# Difference between revisions of "2007 AIME I Problems/Problem 10"

## Problem

In a 6 x 4 grid (6 rows, 4 columns), 12 of the 24 squares are to be shaded so that there are two shaded squares in each row and three shaded squares in each column. Let $N$ be the number of shadings with this property. Find the remainder when $N$ is divided by 1000.

## Solution

Consider the first column. There are ${6\choose3} = 20$ ways that the balls could be chosen, but WLOG let them be the first three rows. (Change the order of the rows to make this true.) We will multiply whatever answer we get by 20 to get our final answer.

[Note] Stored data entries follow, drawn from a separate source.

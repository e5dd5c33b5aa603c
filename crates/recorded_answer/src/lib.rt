// The answers of a recorder file: which record holds one, and whether it is the answer that the rules give.
#![tactic(auto)]

ghost use Rattle.std.specs.Prelude.{◌≡◌, ◌≤◌, length};
ghost use Rattle.recorded_answer.specs.Answer.{answer_fields_size, is_right, answers_to, behind_of, recorded_fields, answer_fields};

use calls::Answer;
use clock::{Age, Centred};
use trace::Record;

// CHECKER-1: the kind of a recorded answer, and the bytes of its fields.
pub const ANSWER: u8 = 6;

pub const ANSWER_FIELDS_SIZE: usize = 7;

// CHECKER-3: the least and the most bytes of one.
pub const LEAST_BYTES: u16 = ANSWER_FIELDS_SIZE as u16;

pub const MOST_BYTES: u16 = LEAST_BYTES + trace::ROOM as u16;

// The fields of a recorded answer, without the bytes that its call wrote.
#[derive(Clone, Copy, PartialEq, Eq, Debug)]
pub struct Fields {
    pub number: u16,
    pub released: u8,
    pub age: Age,
}

impl From<Answer> for Fields {
    ghost from_gives = { λ a fields. fields ≡ answer_fields a };

    // CHECKER-14: those of the answer that the rules give.
    fn from(answer: Answer) -> Fields {
        Fields {
            number: answer.number,
            released: u8::from(answer.released),
            age: answer.age,
        }
    }
}

// CHECKER-2, CHECKER-3.
fn answers_to(call: Record, a: Record) -> bool
    ensures { result ≡ answers_to call a }
{
    a.mark == trace::MARK
        && a.kind == ANSWER
        && a.slot == call.slot
        && a.now == call.now
        && (LEAST_BYTES..=MOST_BYTES).contains(&a.length)
}

// The answer that stands directly behind a call's record, whole; or none.
pub fn answer_behind(call: Record, s: &[u8]) -> Option<Record>
    ensures { result ≡ behind_of call s.now }
{
    if s.len() < trace::FIELDS_SIZE {
        return None;
    }
    let a = trace::fields_at(s);
    if answers_to(call, a) && trace::FIELDS_SIZE + a.length as usize <= s.len() {
        Some(a)
    } else {
        None
    }
}

// CHECKER-6: whether recorded bytes are right, for the answer that the rules give and what its call left in the out buffer.
pub fn is_right(recorded: &[u8], answer: Answer, lent: &[u8]) -> bool
    requires { answer.written ≤ length lent.now }
    ensures { result ≡ is_right recorded.now answer lent.now }
{
    recorded.len() >= ANSWER_FIELDS_SIZE
        && fields_of(recorded) == Fields::from(answer)
        && recorded[ANSWER_FIELDS_SIZE..] == lent[..answer.written]
}

// CHECKER-14: the fields of a recorded answer.
pub fn fields_of(recorded: &[u8]) -> Fields
    requires { answer_fields_size ≤ length recorded.now }
    ensures { result ≡ recorded_fields recorded.now }
{
    Fields {
        number: field::number_at(recorded, 0),
        released: field::number_at(recorded, 2),
        age: Age::of_bits(field::number_at(recorded, 3)),
    }
}
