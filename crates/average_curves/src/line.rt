//! The averages of one line at one progress point.
ghost use Rattle.std.specs.Prelude.{◌≡◌, ◌+◌, ◌<◌, ◌≤◌, ◌^◌, length, IfOk};
ghost use Rattle.average_values.specs.Values.{most_parts};
ghost use Rattle.average_curves.specs.Curves.{curve_of, seeds_in, runs_of, IsBaseOf, IsSoundAt};

use crate::averaged::{Averaged, seeds_in};
use crate::cost::cost_of;
use crate::curve::AverageCurve;
use crate::exactness::exactness_of;
use average_steps::{Base, area, area_error, line_steps};
use coz_types::{Items, Label, Summary};
use std::alloc::{AllocError, Global};

/// The averages of a line whose runs begin at a position, and whose first seed has these runs.
pub fn curve(
    alloc: Global,
    averaged: &Averaged,
    base: &Base,
    point: u32,
    start: usize,
    runs: &[Summary],
) -> Result<AverageCurve, AllocError>
    requires sound { IsSoundAt point averaged.now }
    requires base { IsBaseOf averaged.now point base.now }
    requires seeds { 0 < length (seeds_in averaged.now) }
    requires some { 0 < length runs.now }
    requires few { length runs.now ≤ most_parts }
    requires within { start + length runs.now ≤ length (runs_of (seeds_in averaged.now)) }
    requires short { start + length runs.now < 2 ^ 64 }
    ensures { IfOk result (λ curve. curve ≡ curve_of averaged.now point start runs.now) }
{
    let seeds = seeds_in(averaged);
    let place = point as usize;
    let selected = Label::copy(alloc, runs[0].selected.bytes())?;
    let steps = line_steps(alloc, base, place, seeds, start, runs)?;
    let area = area(alloc, &steps)?;
    let error = area_error(alloc, base, place, seeds, start, &steps, area)?;
    let bases = averaged.profiles.len() as u64;
    let cost = cost_of(base.pace, bases, seeds, start, runs);
    let exact = exactness_of(averaged, place, start, &steps);
    Ok(AverageCurve {
        point,
        selected,
        area,
        error,
        cost,
        exact,
        steps: Items::new(steps),
    })
}
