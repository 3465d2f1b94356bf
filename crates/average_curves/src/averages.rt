//! The averages of profiles.
ghost use Rattle.std.specs.Prelude.{◌≡◌, IfOk};
ghost use Rattle.average_curves.specs.Curves.{averages_of, IsAveraged};

use crate::averaged::{Averaged, count_points};
use crate::curve::AverageCurve;
use crate::ranked::ranked_curves;
use coz_types::Items;
use std::alloc::{AllocError, Global};

/// The averages of profiles, and how many profiles they are of.
#[derive(Drop)]
pub struct Averages {
    /// The number of profiles of seeds.
    pub seeds: u64,
    /// The number of profiles in the base.
    pub base: u64,
    /// The number of progress points.
    pub points: u64,
    /// The curve of each line at each point, by rank.
    pub curves: Items<AverageCurve>,
}

/// The averages of profiles.
pub fn average(alloc: Global, averaged: &Averaged) -> Result<Averages, AllocError>
    requires { IsAveraged averaged.now }
    ensures { IfOk result (λ averages. averages ≡ averages_of averaged.now) }
{
    Ok(Averages {
        seeds: averaged.seeds as u64,
        base: averaged.profiles.len() as u64,
        points: count_points(averaged),
        curves: ranked_curves(alloc, averaged)?,
    })
}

Now consider the 3x3 that is next to the 3 boxes we have filled in. We must put one ball in each row (since there must be 2 balls in each row and we've already put one in each). We split into three cases:

• All three balls are in the same column. In this case, there are 3 choices for which column that is. From here, the bottom half of the board is fixed.
• Two balls are in one column, and one is in the other. In this case, there are 3 ways to choose which column gets 2 balls and 2 ways to choose which one gets the other ball. Then, there are 3 ways to choose which row the lone ball is in. Now, what happens in the bottom half of the board? Well, the 3 boxes in the column with no balls in the top half must all be filled in, so there are no choices here. In the column with two balls already, we can choose any of the 3 boxes for the third ball. This forces the location for the last two balls. So we have $3 \cdot 2 \cdot 3 \cdot 3 = 54$.
• All three balls are in different columns. Then there are 3 ways to choose which row the ball in column 2 goes and 2 ways to choose where the ball in column 3 goes. (The location of the ball in column 4 is forced.) Again, we think about what happens in the bottom half of the board. There are 2 balls in each row and column now, so in the 3x3 where we still have choices, each row and column has one square that is not filled in. But there are 6 ways to do this. So in all there are 36 ways.

So there are $20(3+54+36) = 1860$ different shadings, and the solution is 860.